Saved entries:
-- Opening Marker --
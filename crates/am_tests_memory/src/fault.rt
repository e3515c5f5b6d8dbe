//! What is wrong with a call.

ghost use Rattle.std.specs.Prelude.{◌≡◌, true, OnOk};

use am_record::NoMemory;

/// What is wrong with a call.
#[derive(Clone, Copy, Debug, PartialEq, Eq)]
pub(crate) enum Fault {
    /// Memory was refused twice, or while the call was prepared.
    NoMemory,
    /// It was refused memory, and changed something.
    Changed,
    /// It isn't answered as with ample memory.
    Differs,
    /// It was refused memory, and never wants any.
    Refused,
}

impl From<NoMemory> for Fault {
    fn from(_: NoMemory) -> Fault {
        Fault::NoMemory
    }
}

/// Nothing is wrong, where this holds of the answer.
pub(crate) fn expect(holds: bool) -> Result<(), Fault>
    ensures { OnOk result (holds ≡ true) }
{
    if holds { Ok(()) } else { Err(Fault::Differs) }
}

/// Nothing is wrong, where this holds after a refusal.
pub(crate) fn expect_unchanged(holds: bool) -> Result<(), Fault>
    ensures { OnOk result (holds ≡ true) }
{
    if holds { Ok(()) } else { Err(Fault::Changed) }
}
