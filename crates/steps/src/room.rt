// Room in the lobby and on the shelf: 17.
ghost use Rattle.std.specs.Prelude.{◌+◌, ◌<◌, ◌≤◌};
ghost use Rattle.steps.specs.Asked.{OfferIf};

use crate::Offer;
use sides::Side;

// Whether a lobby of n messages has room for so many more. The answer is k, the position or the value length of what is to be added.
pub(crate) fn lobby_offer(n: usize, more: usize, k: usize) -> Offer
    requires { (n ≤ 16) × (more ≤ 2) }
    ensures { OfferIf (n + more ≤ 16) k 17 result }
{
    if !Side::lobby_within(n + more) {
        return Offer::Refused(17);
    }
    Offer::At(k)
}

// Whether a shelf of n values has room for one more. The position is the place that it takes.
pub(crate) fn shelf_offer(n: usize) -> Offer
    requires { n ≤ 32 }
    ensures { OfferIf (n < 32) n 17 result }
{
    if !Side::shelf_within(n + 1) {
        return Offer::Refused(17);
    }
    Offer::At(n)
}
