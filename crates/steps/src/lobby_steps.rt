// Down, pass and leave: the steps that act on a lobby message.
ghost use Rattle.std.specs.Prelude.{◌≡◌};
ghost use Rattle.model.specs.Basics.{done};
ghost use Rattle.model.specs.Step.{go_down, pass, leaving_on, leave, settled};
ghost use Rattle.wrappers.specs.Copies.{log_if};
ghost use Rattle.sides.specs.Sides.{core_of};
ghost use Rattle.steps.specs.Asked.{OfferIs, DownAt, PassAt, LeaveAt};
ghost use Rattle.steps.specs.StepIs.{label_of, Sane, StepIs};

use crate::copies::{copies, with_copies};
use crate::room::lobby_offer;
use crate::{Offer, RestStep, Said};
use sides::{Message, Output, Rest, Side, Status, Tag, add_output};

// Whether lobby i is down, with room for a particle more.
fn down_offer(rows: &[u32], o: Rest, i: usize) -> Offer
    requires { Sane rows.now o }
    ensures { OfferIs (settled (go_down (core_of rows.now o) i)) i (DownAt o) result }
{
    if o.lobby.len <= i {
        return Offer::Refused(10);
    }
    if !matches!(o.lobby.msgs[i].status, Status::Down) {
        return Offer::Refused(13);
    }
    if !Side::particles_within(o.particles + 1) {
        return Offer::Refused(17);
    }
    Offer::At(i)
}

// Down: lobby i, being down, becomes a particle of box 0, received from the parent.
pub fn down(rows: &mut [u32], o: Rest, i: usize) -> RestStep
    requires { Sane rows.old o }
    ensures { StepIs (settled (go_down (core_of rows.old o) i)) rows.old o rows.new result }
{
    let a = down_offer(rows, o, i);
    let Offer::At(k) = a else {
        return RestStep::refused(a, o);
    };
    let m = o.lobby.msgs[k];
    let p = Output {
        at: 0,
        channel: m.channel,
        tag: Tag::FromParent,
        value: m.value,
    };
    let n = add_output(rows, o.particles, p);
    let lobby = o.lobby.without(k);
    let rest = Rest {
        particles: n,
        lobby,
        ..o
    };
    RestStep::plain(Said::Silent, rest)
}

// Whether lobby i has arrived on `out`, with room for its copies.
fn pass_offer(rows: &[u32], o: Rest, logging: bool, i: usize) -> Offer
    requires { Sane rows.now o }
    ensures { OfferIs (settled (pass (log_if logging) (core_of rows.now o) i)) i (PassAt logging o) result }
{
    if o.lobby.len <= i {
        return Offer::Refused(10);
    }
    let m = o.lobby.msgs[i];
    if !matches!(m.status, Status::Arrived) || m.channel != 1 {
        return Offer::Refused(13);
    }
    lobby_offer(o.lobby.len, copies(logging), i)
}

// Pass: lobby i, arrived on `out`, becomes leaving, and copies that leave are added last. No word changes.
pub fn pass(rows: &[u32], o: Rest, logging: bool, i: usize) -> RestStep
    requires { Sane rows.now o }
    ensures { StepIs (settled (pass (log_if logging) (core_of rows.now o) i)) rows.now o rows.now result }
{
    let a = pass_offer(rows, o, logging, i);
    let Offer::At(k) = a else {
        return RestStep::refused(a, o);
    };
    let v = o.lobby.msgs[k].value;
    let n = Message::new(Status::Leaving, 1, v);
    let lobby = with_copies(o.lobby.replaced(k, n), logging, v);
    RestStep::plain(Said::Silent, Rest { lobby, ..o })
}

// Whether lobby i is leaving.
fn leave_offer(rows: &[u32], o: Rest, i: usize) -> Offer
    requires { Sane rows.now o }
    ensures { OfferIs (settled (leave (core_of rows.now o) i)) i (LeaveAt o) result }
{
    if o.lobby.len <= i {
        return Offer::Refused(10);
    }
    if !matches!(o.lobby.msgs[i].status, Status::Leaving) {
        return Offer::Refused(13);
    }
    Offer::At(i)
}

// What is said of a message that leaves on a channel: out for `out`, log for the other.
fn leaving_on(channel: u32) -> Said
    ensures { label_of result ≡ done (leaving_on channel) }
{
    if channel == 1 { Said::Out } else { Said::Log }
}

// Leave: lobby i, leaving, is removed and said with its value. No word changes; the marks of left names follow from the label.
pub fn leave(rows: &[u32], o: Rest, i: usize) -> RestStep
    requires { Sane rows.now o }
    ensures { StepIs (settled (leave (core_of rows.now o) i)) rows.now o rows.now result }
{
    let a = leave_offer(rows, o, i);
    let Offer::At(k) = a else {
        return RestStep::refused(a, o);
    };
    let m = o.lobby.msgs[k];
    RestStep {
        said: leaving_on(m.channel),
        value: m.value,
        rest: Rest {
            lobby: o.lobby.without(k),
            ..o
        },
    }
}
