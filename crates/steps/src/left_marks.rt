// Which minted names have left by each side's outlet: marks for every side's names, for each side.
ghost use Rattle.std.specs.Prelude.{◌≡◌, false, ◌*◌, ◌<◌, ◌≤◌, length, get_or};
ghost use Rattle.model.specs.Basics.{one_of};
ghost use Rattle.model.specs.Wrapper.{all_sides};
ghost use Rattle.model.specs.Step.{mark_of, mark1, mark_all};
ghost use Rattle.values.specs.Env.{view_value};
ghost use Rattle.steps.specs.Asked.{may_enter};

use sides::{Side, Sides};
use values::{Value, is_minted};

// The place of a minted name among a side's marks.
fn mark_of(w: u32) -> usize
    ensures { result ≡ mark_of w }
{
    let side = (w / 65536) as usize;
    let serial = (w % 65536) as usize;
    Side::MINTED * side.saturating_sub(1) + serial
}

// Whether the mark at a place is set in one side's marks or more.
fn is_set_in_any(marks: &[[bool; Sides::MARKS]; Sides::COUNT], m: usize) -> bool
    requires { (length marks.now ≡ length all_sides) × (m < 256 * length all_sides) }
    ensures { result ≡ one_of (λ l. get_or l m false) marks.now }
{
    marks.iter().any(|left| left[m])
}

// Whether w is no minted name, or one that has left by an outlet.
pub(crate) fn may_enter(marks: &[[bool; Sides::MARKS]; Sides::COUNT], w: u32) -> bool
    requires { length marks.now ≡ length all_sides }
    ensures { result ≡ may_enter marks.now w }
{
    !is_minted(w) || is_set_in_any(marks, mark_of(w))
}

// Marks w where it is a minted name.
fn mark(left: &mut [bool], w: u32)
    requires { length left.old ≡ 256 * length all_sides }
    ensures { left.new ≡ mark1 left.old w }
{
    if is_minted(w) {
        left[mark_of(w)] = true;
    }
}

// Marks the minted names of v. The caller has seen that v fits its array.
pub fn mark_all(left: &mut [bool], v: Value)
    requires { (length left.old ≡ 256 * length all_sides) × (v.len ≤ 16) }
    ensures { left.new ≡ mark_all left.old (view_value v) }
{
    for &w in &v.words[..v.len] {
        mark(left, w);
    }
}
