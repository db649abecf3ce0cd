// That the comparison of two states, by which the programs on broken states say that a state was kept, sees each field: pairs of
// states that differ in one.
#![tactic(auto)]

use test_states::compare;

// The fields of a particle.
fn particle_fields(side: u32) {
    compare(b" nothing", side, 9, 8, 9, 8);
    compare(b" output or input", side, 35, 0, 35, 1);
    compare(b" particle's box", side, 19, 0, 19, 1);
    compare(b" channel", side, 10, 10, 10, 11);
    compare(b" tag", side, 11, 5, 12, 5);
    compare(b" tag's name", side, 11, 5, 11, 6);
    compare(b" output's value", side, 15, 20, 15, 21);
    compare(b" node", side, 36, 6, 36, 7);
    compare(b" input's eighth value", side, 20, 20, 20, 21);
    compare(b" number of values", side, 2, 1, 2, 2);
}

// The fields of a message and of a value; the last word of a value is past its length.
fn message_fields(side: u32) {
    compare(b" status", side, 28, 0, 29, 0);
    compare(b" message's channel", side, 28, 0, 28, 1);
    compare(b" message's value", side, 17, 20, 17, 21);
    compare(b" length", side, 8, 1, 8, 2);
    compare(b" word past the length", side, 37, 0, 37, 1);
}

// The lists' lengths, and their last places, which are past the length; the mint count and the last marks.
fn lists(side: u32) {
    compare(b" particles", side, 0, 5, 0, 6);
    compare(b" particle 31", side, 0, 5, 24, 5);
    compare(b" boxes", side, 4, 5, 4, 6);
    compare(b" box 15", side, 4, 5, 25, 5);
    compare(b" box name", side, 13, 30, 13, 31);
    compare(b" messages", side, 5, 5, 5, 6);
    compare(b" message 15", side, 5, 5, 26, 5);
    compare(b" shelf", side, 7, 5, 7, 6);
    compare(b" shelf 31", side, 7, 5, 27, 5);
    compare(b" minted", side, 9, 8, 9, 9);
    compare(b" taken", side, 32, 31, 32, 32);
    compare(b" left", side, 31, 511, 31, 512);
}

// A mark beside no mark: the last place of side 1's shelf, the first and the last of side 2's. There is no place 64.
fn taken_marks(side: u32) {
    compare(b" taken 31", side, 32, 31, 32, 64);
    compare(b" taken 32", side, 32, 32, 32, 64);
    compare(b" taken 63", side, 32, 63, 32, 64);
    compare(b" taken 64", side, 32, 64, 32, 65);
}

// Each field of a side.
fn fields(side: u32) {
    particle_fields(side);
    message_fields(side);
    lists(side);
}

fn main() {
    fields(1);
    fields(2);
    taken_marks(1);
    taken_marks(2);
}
-- Closing Marker --
** WHAT THIS TASK INVOLVES **
Write out exactly those lines running from the line with "64, 32, 65);" to the end of the data above, the first and last included.

** WRITTEN RESPONSE **
    compare(b" taken 64", side, 32, 64, 32, 65);
}

// Each field of a side.
fn fields(side: u32) {
    particle_fields(side);
    message_fields(side);
    lists(side);
}

fn main() {
    fields(1);
    fields(2);
    taken_marks(1);
    taken_marks(2);
}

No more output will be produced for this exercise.